Diagnosing Generalized Anxiety Disorder:

1a. Refer to the DSM-IV checklist for generalized anxiety disorder. Which of Tina’s symptoms meet any of the criteria? (Be sure to match specific symptoms with specific criteria.)

The symptoms that Tina exhibits that meet the criteria of General Anxiety Disorder are potential excessive or ongoing anxiety and worry about two or more activities or events. The case does not state whether this has continued for at least 3 months as the checklist states is the requirement but she does feel that something else bad will happen after she lost her husband. Her anxieties or worries revolved around her twin daughters being abducted, or their school bus crashing. She also exhibits restlessness and/or muscle tension as she describes that she has begun drinking to “calm her nerves,” as well as describing the feeling of her body being “tied in knots.” Her behavior is also being affected by the anxiety or worry as she is unable to sleep without drinking beforehand. She also exhibits a significant degree of distress or impairment in that she finds it hard to drive, to the point that she has had to pull over because she was having difficulty breathing.
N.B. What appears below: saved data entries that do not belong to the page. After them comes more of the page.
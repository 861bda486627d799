//! Bitmaps: lists of marks, packed eight to a byte (Arrow columnar format, "Validity bitmaps"), which
//! contracts see as lists of booleans.
#![tactic(auto)]

mod bits;
mod blocks;
mod copy;
mod counts;
mod equality;
mod from_natural;
mod immutable;
mod iterator;
pub mod laws;
mod mark_iter;
mod marks;
mod mutable;
mod ops;
mod pack;
mod words;

pub use blocks::write_block;
pub use immutable::Bitmap;
pub use iterator::{BitmapIntoIter, BitmapIter};
pub use mark_iter::MarkIter;
pub use mutable::MutableBitmap;
pub use ops::{and, not, or};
1b. Based upon your review of Tina’s symptoms and the diagnostic criteria, could Tina be diagnosed with generalized anxiety disorder or not (and if not, why not)?

Based on what I have read in the case study, I would have to say that she could be diagnosed with General Anxiety Disorder.

Diagnosing Specific Phobia:

2a. Refer to the DSM-IV checklist for specific phobia. Which of Tina’s symptoms meet any of the criteria? (Be sure to match specific symptoms with specific criteria.)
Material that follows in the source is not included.